→ **ABOUT THIS TASK**: Would you reproduce exactly the lines below from the one holding "left it here." through the one holding "run is lost.", inclusive, and no others?

→ **DATASET**:
--------------------

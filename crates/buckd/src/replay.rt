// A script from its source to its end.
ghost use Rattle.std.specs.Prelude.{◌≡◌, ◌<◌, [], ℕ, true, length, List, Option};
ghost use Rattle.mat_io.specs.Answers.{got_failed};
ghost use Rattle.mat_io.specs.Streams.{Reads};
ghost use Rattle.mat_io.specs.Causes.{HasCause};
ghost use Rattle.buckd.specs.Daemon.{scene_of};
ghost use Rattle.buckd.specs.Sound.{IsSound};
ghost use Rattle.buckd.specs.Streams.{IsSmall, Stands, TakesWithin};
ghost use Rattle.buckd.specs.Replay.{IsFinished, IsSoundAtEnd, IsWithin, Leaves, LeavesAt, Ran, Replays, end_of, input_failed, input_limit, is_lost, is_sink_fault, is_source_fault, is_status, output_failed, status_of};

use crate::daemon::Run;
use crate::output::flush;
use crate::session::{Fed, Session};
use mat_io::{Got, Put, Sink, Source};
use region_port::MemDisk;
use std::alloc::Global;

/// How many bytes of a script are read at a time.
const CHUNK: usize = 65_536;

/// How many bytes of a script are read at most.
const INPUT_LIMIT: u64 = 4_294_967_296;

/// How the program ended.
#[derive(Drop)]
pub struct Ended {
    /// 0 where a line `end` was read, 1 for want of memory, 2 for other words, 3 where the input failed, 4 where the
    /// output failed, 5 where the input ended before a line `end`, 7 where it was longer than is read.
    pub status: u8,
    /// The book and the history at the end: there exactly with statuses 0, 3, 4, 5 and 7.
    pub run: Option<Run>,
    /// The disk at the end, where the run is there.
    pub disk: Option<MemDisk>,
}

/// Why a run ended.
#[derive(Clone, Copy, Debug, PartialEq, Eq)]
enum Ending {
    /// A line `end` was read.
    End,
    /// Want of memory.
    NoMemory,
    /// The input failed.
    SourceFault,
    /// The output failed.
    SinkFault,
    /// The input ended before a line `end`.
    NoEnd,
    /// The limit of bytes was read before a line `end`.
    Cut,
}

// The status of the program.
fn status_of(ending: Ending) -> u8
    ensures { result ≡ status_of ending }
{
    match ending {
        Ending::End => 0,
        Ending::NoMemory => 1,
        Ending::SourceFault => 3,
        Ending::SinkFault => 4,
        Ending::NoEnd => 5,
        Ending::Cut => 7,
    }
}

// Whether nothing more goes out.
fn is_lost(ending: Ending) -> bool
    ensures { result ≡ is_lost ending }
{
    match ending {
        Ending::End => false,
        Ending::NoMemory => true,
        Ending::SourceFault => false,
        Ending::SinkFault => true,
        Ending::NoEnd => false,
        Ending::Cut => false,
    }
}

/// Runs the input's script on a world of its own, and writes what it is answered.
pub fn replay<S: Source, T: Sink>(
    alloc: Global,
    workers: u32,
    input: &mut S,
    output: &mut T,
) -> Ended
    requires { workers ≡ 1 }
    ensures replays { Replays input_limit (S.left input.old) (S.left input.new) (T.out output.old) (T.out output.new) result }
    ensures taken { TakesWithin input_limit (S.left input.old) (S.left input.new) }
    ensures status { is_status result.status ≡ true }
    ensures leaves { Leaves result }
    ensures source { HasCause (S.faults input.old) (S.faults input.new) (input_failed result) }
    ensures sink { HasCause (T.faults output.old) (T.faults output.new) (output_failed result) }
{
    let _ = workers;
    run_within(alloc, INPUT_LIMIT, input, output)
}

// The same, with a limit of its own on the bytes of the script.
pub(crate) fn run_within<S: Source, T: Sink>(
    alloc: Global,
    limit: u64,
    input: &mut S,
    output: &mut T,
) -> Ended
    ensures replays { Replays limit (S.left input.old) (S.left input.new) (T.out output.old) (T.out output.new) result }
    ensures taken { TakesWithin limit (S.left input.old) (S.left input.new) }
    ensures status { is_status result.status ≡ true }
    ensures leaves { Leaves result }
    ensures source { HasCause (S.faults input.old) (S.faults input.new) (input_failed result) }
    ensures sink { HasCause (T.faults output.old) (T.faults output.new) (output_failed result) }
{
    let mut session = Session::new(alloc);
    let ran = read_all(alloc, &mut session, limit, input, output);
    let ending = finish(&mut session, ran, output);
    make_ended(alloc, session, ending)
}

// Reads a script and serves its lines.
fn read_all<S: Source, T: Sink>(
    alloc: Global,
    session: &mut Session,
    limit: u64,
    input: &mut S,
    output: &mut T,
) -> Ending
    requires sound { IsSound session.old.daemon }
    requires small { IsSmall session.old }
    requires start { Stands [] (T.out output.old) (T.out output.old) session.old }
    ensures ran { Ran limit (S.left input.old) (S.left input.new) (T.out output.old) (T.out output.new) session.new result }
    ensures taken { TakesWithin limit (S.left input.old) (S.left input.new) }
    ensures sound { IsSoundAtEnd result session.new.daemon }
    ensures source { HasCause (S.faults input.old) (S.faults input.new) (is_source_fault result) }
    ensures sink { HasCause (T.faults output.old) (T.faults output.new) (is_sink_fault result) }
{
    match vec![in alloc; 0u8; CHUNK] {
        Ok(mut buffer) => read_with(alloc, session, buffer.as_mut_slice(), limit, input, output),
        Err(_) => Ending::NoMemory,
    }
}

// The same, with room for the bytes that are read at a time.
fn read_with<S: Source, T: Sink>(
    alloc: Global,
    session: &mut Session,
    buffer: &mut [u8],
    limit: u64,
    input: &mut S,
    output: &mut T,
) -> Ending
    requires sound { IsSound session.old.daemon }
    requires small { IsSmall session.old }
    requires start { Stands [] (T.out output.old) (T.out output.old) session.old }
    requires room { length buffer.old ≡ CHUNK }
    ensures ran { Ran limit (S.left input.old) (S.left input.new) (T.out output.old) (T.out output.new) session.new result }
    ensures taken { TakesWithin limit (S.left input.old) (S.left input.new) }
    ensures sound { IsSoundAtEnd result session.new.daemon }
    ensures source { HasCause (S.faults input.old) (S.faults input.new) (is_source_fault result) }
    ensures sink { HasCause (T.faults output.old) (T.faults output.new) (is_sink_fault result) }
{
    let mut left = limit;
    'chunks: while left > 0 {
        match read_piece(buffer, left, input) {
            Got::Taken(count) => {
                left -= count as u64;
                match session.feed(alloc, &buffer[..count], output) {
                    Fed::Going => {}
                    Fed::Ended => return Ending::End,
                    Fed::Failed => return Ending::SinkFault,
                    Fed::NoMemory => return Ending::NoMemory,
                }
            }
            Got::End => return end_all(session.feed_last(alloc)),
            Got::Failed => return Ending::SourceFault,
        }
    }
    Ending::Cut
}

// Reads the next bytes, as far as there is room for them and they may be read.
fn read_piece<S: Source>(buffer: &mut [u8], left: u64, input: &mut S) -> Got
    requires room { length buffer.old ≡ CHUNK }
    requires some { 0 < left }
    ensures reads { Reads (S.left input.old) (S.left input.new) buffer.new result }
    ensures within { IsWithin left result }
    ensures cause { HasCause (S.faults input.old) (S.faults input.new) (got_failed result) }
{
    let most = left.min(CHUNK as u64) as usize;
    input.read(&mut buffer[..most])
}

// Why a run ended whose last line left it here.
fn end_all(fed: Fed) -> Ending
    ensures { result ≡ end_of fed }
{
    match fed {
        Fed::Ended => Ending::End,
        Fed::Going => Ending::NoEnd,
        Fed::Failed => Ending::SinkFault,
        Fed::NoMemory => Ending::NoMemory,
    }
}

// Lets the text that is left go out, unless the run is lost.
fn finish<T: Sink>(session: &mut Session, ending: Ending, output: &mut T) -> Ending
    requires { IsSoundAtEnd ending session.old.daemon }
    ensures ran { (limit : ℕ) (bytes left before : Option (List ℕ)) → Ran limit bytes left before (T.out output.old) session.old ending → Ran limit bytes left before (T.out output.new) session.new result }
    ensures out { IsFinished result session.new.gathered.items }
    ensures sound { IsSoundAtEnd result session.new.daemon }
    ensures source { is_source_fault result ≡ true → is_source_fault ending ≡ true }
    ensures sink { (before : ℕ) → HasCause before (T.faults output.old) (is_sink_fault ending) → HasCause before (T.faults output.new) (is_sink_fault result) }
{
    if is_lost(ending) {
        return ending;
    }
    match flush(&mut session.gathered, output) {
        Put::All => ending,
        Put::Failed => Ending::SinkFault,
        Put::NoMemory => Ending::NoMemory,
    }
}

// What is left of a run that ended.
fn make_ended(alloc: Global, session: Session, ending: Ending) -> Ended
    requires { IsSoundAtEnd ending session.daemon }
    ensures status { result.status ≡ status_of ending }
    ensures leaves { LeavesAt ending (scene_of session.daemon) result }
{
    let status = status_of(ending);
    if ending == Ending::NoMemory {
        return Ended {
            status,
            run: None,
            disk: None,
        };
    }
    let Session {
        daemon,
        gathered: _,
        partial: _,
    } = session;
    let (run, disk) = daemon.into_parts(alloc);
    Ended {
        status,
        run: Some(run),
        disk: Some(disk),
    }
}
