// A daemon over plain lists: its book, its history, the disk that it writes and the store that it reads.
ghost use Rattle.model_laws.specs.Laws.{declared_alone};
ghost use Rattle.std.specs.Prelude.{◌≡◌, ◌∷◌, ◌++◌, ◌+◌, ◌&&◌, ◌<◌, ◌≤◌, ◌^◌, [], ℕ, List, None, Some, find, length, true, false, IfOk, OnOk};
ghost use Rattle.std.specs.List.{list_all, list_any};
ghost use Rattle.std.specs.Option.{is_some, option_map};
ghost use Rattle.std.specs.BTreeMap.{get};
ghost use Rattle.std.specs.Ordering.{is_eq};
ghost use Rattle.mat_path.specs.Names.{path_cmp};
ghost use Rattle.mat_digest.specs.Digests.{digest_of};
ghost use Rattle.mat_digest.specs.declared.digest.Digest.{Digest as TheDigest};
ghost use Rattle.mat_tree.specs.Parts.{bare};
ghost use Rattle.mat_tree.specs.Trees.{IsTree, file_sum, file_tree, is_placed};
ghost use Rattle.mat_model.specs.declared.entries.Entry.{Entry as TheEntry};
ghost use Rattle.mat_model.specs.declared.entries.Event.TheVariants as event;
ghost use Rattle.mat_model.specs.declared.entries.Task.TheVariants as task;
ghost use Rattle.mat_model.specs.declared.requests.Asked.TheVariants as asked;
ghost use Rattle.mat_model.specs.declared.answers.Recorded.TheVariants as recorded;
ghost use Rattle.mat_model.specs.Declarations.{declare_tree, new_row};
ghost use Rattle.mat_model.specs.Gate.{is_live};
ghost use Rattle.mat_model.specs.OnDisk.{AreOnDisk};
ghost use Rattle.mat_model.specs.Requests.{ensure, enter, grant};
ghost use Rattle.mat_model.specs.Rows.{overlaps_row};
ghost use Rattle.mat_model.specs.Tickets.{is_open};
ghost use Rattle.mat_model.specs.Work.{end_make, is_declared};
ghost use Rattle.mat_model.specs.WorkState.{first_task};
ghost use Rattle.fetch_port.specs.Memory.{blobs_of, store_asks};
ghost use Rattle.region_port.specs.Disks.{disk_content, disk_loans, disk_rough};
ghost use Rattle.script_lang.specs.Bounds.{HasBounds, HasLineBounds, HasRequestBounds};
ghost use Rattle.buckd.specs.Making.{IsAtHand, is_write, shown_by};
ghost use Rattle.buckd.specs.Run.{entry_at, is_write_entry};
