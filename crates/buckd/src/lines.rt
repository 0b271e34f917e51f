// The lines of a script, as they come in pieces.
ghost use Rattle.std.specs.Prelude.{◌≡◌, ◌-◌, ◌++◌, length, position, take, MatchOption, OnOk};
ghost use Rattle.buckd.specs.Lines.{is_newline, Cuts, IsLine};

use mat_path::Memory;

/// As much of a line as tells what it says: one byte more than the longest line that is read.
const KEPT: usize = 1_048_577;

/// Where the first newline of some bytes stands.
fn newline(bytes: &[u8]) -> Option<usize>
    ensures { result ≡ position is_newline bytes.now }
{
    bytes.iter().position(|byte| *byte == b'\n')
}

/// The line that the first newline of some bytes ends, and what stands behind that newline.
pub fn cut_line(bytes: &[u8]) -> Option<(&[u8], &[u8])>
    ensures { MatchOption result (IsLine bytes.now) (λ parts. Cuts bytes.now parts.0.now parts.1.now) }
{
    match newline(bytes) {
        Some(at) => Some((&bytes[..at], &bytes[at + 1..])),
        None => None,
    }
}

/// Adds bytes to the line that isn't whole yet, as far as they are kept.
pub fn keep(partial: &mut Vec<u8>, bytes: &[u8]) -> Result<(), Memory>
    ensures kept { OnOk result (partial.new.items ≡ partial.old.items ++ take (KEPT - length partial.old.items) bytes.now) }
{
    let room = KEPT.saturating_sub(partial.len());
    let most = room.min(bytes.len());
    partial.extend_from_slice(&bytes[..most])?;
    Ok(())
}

--------------------

→ **RESULT**:
// Why a run ended whose last line left it here.
fn end_all(fed: Fed) -> Ending
    ensures { result ≡ end_of fed }
{
    match fed {
        Fed::Ended => Ending::End,
        Fed::Going => Ending::NoEnd,
        Fed::Failed => Ending::SinkFault,
        Fed::NoMemory => Ending::NoMemory,
    }
}

// Lets the text that is left go out, unless the run is lost.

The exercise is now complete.